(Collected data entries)
========================

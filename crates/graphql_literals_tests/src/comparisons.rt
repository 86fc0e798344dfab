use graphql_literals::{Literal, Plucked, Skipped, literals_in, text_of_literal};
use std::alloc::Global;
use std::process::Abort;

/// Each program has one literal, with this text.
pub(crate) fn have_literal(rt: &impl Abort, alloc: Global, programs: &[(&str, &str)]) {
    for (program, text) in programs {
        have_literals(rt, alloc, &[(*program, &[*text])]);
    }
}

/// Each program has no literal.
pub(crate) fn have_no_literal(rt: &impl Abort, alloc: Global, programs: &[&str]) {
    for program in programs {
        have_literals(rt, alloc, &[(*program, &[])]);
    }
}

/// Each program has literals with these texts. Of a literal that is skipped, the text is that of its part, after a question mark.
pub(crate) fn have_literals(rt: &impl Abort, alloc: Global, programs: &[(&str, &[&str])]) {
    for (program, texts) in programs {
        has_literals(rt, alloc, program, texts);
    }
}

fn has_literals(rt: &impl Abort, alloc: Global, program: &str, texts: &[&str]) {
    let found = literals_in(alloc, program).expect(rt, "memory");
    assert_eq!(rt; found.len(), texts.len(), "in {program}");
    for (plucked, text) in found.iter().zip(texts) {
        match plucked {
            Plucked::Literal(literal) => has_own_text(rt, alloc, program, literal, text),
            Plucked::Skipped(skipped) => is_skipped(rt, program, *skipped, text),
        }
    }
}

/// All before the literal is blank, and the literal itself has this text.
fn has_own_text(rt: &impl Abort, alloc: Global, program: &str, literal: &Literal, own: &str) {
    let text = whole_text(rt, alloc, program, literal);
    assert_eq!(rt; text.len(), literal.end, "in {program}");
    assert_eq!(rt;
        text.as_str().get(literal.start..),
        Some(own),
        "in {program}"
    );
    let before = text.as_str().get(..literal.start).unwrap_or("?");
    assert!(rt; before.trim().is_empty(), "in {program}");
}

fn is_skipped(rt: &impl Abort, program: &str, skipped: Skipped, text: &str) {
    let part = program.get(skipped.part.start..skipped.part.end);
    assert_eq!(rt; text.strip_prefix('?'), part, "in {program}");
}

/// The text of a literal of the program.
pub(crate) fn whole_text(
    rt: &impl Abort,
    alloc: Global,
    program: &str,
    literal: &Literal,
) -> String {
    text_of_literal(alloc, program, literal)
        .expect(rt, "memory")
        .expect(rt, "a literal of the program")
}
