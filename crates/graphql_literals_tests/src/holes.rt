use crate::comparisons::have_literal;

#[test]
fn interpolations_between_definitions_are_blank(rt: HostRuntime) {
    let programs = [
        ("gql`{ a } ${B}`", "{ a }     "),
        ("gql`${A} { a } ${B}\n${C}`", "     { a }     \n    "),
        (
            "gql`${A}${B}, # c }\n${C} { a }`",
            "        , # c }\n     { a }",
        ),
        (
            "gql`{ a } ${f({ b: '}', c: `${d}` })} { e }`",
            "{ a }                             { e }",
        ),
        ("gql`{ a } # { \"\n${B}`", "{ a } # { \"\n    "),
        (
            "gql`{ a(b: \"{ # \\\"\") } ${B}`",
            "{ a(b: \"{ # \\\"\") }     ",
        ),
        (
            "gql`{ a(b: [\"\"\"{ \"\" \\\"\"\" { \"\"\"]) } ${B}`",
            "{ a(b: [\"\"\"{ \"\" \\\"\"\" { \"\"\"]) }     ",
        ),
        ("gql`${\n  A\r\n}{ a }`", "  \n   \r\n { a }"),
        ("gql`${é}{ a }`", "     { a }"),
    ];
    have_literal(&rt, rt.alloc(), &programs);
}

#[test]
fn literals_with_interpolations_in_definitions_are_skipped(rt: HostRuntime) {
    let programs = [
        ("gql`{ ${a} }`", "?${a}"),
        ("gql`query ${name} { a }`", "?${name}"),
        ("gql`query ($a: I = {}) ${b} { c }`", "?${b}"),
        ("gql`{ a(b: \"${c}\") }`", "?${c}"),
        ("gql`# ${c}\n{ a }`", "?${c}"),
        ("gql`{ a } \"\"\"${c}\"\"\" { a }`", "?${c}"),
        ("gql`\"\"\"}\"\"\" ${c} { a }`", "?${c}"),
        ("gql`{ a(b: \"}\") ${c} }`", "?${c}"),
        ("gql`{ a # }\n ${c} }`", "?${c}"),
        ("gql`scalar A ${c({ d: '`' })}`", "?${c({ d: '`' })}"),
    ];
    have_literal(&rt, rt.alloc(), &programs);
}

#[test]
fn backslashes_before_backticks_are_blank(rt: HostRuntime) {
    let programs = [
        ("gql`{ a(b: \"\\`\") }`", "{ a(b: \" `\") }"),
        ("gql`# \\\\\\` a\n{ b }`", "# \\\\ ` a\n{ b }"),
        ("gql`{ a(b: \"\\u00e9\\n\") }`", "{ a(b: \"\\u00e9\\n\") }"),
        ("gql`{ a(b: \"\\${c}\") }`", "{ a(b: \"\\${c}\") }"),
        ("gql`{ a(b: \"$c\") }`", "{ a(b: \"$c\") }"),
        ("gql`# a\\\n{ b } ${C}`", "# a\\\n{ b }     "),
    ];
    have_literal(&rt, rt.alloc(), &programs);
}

========================

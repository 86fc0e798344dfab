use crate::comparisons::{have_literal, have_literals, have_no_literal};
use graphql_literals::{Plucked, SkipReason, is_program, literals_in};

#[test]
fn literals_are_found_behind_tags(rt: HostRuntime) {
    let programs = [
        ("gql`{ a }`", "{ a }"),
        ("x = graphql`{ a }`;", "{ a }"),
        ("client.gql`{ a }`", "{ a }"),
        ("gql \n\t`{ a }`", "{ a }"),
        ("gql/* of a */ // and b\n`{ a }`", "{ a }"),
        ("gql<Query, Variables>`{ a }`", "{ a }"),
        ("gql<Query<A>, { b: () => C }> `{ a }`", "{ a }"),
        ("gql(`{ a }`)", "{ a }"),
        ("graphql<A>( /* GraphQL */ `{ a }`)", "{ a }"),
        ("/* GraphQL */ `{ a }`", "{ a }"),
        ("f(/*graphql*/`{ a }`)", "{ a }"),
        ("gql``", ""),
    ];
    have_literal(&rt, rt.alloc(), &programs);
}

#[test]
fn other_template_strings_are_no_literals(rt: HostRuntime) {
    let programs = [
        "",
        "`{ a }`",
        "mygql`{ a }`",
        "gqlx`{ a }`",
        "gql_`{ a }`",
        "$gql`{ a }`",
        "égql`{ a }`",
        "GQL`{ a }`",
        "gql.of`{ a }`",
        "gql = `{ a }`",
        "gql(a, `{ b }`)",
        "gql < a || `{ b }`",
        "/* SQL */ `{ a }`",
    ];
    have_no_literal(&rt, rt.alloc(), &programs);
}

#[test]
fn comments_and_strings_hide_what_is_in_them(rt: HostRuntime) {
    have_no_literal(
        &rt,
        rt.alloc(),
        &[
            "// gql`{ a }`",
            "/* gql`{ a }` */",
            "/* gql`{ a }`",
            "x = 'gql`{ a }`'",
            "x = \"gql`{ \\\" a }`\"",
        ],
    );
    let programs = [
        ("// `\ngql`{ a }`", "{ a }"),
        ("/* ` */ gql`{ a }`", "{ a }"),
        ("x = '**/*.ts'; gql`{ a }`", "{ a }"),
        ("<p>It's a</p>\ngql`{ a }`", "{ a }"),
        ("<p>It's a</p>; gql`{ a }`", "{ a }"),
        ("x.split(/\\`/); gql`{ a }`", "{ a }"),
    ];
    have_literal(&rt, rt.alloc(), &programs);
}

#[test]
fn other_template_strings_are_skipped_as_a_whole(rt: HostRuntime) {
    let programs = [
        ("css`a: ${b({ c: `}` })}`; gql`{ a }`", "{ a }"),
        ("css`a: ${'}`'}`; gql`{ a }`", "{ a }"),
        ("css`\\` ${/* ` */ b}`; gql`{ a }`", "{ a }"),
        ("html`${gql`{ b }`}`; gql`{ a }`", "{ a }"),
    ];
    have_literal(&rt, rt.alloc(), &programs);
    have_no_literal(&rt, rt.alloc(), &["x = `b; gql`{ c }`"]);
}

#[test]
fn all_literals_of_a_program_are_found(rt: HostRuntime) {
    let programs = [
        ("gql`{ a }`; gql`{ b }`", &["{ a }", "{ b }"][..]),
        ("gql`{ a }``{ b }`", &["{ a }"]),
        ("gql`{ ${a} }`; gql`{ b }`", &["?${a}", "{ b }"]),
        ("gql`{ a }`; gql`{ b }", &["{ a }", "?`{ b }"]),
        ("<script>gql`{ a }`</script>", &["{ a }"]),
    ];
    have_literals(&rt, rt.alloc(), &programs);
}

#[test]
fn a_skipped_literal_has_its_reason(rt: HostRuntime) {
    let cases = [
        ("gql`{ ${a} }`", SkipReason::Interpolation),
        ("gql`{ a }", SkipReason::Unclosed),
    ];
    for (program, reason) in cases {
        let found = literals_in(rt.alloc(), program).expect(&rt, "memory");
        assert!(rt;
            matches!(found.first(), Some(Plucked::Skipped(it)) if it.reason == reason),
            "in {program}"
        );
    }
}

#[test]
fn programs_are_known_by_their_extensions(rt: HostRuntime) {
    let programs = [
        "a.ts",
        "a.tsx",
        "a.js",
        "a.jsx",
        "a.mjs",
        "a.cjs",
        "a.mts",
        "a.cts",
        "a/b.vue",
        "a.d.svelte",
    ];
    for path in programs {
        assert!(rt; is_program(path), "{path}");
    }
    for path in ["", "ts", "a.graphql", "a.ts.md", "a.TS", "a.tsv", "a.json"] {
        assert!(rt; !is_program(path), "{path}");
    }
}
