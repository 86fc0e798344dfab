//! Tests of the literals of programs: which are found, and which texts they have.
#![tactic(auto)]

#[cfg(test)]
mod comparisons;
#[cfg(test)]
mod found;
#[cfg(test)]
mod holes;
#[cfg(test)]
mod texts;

========================

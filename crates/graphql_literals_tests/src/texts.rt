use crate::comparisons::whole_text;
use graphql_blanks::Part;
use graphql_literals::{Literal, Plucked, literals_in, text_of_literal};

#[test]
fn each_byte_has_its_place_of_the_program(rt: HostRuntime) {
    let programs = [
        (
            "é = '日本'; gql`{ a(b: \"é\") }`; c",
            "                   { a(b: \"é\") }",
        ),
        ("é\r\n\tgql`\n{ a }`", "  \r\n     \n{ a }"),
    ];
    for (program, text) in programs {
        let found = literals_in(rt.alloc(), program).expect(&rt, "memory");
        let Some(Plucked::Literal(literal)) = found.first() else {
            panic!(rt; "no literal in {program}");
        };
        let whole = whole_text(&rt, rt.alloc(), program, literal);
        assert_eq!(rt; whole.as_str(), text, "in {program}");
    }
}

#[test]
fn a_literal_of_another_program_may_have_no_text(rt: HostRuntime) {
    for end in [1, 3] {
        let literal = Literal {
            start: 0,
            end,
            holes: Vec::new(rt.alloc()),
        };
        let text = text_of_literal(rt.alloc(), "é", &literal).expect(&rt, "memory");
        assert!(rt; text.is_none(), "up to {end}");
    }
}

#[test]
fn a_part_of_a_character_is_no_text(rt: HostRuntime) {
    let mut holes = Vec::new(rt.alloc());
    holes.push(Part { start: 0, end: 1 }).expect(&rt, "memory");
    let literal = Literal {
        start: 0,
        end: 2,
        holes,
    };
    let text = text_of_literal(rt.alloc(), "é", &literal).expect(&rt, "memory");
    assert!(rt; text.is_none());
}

========================

Retype exactly, and only, the lines above from the one where "filename crates/graphql_literals_tests/src/comparisons.rt" occurs up to and including the one where "let part = program.get(skipped.part.start..skipped.part.end);" occurs.

• Expected output
filename crates/graphql_literals_tests/src/comparisons.rt
repository 86fc0e798344dfab
use graphql_literals::{Literal, Plucked, Skipped, literals_in, text_of_literal};
use std::alloc::Global;
use std::process::Abort;

/// Each program has one literal, with this text.
pub(crate) fn have_literal(rt: &impl Abort, alloc: Global, programs: &[(&str, &str)]) {
    for (program, text) in programs {
        have_literals(rt, alloc, &[(*program, &[*text])]);
    }
}

/// Each program has no literal.
pub(crate) fn have_no_literal(rt: &impl Abort, alloc: Global, programs: &[&str]) {
    for program in programs {
        have_literals(rt, alloc, &[(*program, &[])]);
    }
}

/// Each program has literals with these texts. Of a literal that is skipped, the text is that of its part, after a question mark.
pub(crate) fn have_literals(rt: &impl Abort, alloc: Global, programs: &[(&str, &[&str])]) {
    for (program, texts) in programs {
        has_literals(rt, alloc, program, texts);
    }
}

fn has_literals(rt: &impl Abort, alloc: Global, program: &str, texts: &[&str]) {
    let found = literals_in(alloc, program).expect(rt, "memory");
    assert_eq!(rt; found.len(), texts.len(), "in {program}");
    for (plucked, text) in found.iter().zip(texts) {
        match plucked {
            Plucked::Literal(literal) => has_own_text(rt, alloc, program, literal, text),
            Plucked::Skipped(skipped) => is_skipped(rt, program, *skipped, text),
        }
    }
}

/// All before the literal is blank, and the literal itself has this text.
fn has_own_text(rt: &impl Abort, alloc: Global, program: &str, literal: &Literal, own: &str) {
    let text = whole_text(rt, alloc, program, literal);
    assert_eq!(rt; text.len(), literal.end, "in {program}");
    assert_eq!(rt;
        text.as_str().get(literal.start..),
        Some(own),
        "in {program}"
    );
    let before = text.as_str().get(..literal.start).unwrap_or("?");
    assert!(rt; before.trim().is_empty(), "in {program}");
}

fn is_skipped(rt: &impl Abort, program: &str, skipped: Skipped, text: &str) {
    let part = program.get(skipped.part.start..skipped.part.end);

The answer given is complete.